◆ WHAT IS NEEDED ◆
Please write out all of the records below exactly as they appear.

BEGIN SUPPLIED ENTRIES

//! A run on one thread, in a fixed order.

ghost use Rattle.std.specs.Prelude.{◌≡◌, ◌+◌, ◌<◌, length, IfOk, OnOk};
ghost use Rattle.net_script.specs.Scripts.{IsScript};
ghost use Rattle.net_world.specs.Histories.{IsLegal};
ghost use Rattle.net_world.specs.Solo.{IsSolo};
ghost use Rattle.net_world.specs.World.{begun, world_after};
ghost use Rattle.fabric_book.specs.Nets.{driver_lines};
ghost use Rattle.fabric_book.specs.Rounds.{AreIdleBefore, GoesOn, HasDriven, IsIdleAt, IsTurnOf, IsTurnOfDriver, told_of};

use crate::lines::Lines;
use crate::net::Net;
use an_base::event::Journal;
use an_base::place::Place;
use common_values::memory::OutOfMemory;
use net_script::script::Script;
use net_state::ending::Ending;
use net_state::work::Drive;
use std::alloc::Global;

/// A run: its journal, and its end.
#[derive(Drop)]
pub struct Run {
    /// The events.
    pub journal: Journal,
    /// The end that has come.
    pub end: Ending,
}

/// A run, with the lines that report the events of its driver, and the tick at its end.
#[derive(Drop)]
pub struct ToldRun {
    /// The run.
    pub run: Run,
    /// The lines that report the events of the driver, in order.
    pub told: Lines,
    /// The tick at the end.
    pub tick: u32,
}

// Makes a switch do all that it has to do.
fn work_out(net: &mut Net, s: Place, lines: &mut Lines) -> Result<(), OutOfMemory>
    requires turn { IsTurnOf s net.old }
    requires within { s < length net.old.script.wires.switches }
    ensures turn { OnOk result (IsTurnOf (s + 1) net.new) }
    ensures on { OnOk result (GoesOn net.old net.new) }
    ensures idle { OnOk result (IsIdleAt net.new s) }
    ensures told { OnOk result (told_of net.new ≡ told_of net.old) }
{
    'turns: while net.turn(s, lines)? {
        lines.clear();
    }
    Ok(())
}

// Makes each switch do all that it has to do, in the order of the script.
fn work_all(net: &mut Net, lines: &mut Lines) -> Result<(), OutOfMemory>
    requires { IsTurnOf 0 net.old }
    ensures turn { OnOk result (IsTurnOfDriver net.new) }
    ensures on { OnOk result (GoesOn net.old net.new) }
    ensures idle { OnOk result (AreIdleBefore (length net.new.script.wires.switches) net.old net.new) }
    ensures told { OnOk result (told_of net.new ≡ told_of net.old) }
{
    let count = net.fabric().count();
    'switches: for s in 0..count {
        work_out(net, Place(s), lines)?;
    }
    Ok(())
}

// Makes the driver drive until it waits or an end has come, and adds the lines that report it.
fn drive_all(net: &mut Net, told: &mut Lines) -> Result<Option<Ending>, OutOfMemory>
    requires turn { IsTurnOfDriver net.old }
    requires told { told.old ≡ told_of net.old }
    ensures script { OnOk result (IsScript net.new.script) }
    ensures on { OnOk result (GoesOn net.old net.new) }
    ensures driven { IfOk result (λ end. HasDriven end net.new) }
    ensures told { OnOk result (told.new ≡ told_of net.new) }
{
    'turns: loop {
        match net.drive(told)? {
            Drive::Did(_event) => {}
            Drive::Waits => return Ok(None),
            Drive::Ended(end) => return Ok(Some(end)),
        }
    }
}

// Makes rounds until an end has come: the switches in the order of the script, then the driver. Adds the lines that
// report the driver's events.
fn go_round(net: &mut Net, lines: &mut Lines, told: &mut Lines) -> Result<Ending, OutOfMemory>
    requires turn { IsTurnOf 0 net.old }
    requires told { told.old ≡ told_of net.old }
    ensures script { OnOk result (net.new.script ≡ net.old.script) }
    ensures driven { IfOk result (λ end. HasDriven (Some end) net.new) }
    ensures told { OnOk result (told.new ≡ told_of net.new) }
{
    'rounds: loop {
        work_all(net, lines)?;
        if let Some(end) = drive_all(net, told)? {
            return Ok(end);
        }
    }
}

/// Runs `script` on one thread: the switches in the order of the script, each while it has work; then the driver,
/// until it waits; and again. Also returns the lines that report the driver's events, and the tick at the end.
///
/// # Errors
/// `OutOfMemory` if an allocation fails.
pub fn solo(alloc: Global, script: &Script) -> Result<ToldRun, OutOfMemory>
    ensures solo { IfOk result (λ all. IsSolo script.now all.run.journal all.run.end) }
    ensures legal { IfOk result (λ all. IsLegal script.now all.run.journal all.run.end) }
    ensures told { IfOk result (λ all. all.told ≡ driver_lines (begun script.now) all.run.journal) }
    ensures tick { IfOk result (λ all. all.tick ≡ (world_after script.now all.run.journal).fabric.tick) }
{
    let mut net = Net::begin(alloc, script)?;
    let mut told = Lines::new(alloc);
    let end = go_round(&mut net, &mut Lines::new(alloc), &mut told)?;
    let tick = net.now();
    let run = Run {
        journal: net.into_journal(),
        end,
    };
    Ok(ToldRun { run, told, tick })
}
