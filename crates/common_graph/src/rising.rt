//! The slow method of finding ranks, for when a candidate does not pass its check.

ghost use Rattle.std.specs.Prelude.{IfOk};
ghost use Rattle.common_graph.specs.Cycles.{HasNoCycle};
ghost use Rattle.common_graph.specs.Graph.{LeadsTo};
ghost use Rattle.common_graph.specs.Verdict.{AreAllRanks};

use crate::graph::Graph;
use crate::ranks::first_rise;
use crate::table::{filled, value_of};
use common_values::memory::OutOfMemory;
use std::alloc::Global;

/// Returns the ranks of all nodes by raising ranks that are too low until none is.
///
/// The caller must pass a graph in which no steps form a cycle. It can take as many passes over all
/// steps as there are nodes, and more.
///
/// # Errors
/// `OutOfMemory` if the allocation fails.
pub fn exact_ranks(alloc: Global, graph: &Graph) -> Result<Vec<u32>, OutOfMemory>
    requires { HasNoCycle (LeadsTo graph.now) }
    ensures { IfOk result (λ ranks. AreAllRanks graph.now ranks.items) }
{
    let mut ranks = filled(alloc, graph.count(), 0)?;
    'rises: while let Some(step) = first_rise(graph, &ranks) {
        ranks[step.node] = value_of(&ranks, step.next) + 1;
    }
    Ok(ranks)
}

END SUPPLIED ENTRIES

◆ EXERCISE RESULT ◆
//! A run on one thread, in a fixed order.

ghost use Rattle.std.specs.Prelude.{◌≡◌, ◌+◌, ◌<◌, length, IfOk, OnOk};
ghost use Rattle.net_script.specs.Scripts.{IsScript};
ghost use Rattle.net_world.specs.Histories.{IsLegal};
ghost use Rattle.net_world.specs.Solo.{IsSolo};
ghost use Rattle.net_world.specs.World.{begun, world_after};
ghost use Rattle.fabric_book.specs.Nets.{driver_lines};
ghost use Rattle.fabric_book.specs.Rounds.{AreIdleBefore, GoesOn, HasDriven, IsIdleAt, IsTurnOf, IsTurnOfDriver, told_of};

use crate::lines::Lines;
use crate::net::Net;
use an_base::event::Journal;
use an_base::place::Place;
use common_values::memory::OutOfMemory;
use net_script::script::Script;
use net_state::ending::Ending;
use net_state::work::Drive;
use std::alloc::Global;

/// A run: its journal, and its end.
#[derive(Drop)]
pub struct Run {
    /// The events.
    pub journal: Journal,
    /// The end that has come.
    pub end: Ending,
}

/// A run, with the lines that report the events of its driver, and the tick at its end.
#[derive(Drop)]
pub struct ToldRun {
    /// The run.
    pub run: Run,
    /// The lines that report the events of the driver, in order.
    pub told: Lines,
    /// The tick at the end.
    pub tick: u32,
}

// Makes a switch do all that it has to do.
fn work_out(net: &mut Net, s: Place, lines: &mut Lines) -> Result<(), OutOfMemory>
    requires turn { IsTurnOf s net.old }
    requires within { s < length net.old.script.wires.switches }
    ensures turn { OnOk result (IsTurnOf (s + 1) net.new) }
    ensures on { OnOk result (GoesOn net.old net.new) }
    ensures idle { OnOk result (IsIdleAt net.new s) }
    ensures told { OnOk result (told_of net.new ≡ told_of net.old) }
{
    'turns: while net.turn(s, lines)? {
        lines.clear();
    }
    Ok(())
}

// Makes each switch do all that it has to do, in the order of the script.
fn work_all(net: &mut Net, lines: &mut Lines) -> Result<(), OutOfMemory>
    requires { IsTurnOf 0 net.old }
    ensures turn { OnOk result (IsTurnOfDriver net.new) }
    ensures on { OnOk result (GoesOn net.old net.new) }
    ensures idle { OnOk result (AreIdleBefore (length net.new.script.wires.switches) net.old net.new) }
    ensures told { OnOk result (told_of net.new ≡ told_of net.old) }
{
    let count = net.fabric().count();
    'switches: for s in 0..count {
        work_out(net, Place(s), lines)?;
    }
    Ok(())
}

// Makes the driver drive until it waits or an end has come, and adds the lines that report it.
fn drive_all(net: &mut Net, told: &mut Lines) -> Result<Option<Ending>, OutOfMemory>
    requires turn { IsTurnOfDriver net.old }
    requires told { told.old ≡ told_of net.old }
    ensures script { OnOk result (IsScript net.new.script) }
    ensures on { OnOk result (GoesOn net.old net.new) }
    ensures driven { IfOk result (λ end. HasDriven end net.new) }
    ensures told { OnOk result (told.new ≡ told_of net.new) }
{
    'turns: loop {
        match net.drive(told)? {
            Drive::Did(_event) => {}
            Drive::Waits => return Ok(None),
            Drive::Ended(end) => return Ok(Some(end)),
        }
    }
}

// Makes rounds until an end has come: the switches in the order of the script, then the driver. Adds the lines that
// report the driver's events.
fn go_round(net: &mut Net, lines: &mut Lines, told: &mut Lines) -> Result<Ending, OutOfMemory>
    requires turn { IsTurnOf 0 net.old }
    requires told { told.old ≡ told_of net.old }
    ensures script { OnOk result (net.new.script ≡ net.old.script) }
    ensures driven { IfOk result (λ end. HasDriven (Some end) net.new) }
    ensures told { OnOk result (told.new ≡ told_of net.new) }
{
    'rounds: loop {
        work_all(net, lines)?;
        if let Some(end) = drive_all(net, told)? {
            return Ok(end);
        }
    }
}

/// Runs `script` on one thread: the switches in the order of the script, each while it has work; then the driver,
/// until it waits; and again. Also returns the lines that report the driver's events, and the tick at the end.
///
/// # Errors
/// `OutOfMemory` if an allocation fails.
pub fn solo(alloc: Global, script: &Script) -> Result<ToldRun, OutOfMemory>
    ensures solo { IfOk result (λ all. IsSolo script.now all.run.journal all.run.end) }
    ensures legal { IfOk result (λ all. IsLegal script.now all.run.journal all.run.end) }
    ensures told { IfOk result (λ all. all.told ≡ driver_lines (begun script.now) all.run.journal) }
    ensures tick { IfOk result (λ all. all.tick ≡ (world_after script.now all.run.journal).fabric.tick) }
{
    let mut net = Net::begin(alloc, script)?;
    let mut told = Lines::new(alloc);
    let end = go_round(&mut net, &mut Lines::new(alloc), &mut told)?;
    let tick = net.now();
    let run = Run {
        journal: net.into_journal(),
        end,
    };
    Ok(ToldRun { run, told, tick })
}
filename crates/common_graph/src/rising.rt
//! The slow method of finding ranks, for when a candidate does not pass its check.

ghost use Rattle.std.specs.Prelude.{IfOk};
ghost use Rattle.common_graph.specs.Cycles.{HasNoCycle};
ghost use Rattle.common_graph.specs.Graph.{LeadsTo};
ghost use Rattle.common_graph.specs.Verdict.{AreAllRanks};

use crate::graph::Graph;
use crate::ranks::first_rise;
use crate::table::{filled, value_of};
use common_values::memory::OutOfMemory;
use std::alloc::Global;

/// Returns the ranks of all nodes by raising ranks that are too low until none is.
///
/// The caller must pass a graph in which no steps form a cycle. It can take as many passes over all
/// steps as there are nodes, and more.
///
/// # Errors
/// `OutOfMemory` if the allocation fails.
pub fn exact_ranks(alloc: Global, graph: &Graph) -> Result<Vec<u32>, OutOfMemory>
    requires { HasNoCycle (LeadsTo graph.now) }
    ensures { IfOk result (λ ranks. AreAllRanks graph.now ranks.items) }
{
    let mut ranks = filled(alloc, graph.count(), 0)?;
    'rises: while let Some(step) = first_rise(graph, &ranks) {
        ranks[step.node] = value_of(&ranks, step.next) + 1;
    }
    Ok(ranks)
}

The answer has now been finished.